### What you should do
Copy out each line in the listing below where the word "followed" appears.

--- START ---

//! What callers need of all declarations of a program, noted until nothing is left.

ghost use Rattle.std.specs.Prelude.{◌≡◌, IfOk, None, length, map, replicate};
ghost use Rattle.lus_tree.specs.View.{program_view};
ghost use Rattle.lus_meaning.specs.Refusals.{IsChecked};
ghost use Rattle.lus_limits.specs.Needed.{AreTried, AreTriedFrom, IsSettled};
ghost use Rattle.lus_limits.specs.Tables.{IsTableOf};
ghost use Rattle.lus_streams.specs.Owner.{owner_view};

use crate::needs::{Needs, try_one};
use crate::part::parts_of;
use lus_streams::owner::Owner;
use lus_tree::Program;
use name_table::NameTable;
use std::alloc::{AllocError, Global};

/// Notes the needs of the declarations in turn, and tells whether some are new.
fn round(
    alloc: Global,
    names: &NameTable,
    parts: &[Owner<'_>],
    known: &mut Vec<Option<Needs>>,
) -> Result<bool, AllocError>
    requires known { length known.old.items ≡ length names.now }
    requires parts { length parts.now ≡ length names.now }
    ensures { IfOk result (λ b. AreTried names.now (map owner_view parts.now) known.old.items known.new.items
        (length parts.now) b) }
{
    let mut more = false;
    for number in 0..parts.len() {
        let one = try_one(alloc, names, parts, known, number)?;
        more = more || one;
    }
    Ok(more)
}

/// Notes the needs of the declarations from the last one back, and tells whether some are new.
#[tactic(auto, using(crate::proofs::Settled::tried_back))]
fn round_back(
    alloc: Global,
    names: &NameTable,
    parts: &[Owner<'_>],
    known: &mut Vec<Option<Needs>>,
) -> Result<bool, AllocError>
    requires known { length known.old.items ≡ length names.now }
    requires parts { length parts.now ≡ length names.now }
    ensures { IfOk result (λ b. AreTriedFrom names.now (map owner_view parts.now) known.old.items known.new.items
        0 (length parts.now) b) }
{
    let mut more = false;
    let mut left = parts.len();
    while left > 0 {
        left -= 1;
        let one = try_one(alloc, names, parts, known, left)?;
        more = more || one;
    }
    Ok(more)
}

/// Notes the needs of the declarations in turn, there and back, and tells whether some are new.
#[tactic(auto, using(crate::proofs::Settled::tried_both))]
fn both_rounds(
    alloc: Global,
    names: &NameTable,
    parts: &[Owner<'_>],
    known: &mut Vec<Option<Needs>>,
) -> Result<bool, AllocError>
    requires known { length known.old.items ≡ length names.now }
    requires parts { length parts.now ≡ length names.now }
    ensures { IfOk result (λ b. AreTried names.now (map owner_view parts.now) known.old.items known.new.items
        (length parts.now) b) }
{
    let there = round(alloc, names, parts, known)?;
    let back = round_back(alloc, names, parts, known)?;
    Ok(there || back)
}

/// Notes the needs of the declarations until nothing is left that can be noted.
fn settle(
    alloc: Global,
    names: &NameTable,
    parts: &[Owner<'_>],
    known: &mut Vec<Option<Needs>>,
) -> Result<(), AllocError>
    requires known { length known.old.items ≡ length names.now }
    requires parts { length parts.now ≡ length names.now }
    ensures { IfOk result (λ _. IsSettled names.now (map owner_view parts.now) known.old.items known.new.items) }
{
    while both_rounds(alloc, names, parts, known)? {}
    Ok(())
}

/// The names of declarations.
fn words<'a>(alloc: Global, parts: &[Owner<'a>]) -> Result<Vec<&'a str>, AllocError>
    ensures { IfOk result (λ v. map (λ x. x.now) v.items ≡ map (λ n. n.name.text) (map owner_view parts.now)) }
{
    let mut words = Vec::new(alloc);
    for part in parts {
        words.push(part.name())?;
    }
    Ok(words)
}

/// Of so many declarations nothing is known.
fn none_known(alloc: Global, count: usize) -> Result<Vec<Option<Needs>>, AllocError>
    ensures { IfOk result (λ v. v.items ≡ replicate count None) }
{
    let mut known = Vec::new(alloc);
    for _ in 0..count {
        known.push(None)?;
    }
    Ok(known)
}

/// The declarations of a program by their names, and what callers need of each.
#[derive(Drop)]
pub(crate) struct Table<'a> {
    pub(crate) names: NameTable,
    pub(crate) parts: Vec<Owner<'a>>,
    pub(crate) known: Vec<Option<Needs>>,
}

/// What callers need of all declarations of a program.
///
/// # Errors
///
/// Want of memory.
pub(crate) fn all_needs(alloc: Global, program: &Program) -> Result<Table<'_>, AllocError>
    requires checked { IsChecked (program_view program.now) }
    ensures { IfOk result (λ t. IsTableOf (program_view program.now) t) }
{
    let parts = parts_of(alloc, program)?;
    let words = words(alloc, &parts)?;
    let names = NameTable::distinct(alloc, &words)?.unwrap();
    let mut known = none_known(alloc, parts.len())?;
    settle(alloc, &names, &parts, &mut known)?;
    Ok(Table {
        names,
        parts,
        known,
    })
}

--- END ---
--- START ---

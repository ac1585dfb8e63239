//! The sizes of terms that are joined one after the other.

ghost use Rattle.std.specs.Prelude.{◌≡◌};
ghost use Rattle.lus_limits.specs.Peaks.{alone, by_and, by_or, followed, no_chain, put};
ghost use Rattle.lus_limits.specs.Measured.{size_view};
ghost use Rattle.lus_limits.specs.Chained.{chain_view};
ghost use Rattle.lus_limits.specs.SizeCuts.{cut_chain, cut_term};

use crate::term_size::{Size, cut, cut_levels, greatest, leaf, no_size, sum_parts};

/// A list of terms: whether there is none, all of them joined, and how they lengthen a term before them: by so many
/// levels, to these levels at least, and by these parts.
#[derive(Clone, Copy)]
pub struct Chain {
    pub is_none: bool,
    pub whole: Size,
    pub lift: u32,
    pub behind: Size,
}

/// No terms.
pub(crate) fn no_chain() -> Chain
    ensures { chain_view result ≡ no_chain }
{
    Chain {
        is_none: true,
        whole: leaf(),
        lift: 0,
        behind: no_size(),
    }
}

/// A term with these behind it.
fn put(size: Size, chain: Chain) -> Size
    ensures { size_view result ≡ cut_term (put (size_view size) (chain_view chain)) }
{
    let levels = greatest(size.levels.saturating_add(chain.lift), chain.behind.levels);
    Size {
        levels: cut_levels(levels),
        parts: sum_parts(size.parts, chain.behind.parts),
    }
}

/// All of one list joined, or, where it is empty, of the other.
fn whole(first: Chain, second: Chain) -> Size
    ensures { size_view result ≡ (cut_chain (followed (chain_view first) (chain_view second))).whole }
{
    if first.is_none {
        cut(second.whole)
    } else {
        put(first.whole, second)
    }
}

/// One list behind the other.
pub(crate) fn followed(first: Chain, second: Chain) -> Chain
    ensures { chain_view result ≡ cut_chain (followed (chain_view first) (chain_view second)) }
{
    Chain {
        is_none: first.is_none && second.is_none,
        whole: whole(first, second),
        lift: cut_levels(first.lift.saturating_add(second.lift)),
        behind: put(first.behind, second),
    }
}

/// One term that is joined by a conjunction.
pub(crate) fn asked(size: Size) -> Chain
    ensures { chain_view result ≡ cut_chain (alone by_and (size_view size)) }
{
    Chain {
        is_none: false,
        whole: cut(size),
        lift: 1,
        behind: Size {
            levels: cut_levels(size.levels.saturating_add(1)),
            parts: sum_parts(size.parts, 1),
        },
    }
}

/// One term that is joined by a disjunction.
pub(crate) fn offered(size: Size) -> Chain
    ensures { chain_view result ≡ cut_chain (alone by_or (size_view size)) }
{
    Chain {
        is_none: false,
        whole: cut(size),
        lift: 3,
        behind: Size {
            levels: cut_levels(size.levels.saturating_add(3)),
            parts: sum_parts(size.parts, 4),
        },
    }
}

--- END ---

### The answer
ghost use Rattle.lus_limits.specs.Peaks.{alone, by_and, by_or, followed, no_chain, put};
    ensures { size_view result ≡ (cut_chain (followed (chain_view first) (chain_view second))).whole }
pub(crate) fn followed(first: Chain, second: Chain) -> Chain
    ensures { chain_view result ≡ cut_chain (followed (chain_view first) (chain_view second)) }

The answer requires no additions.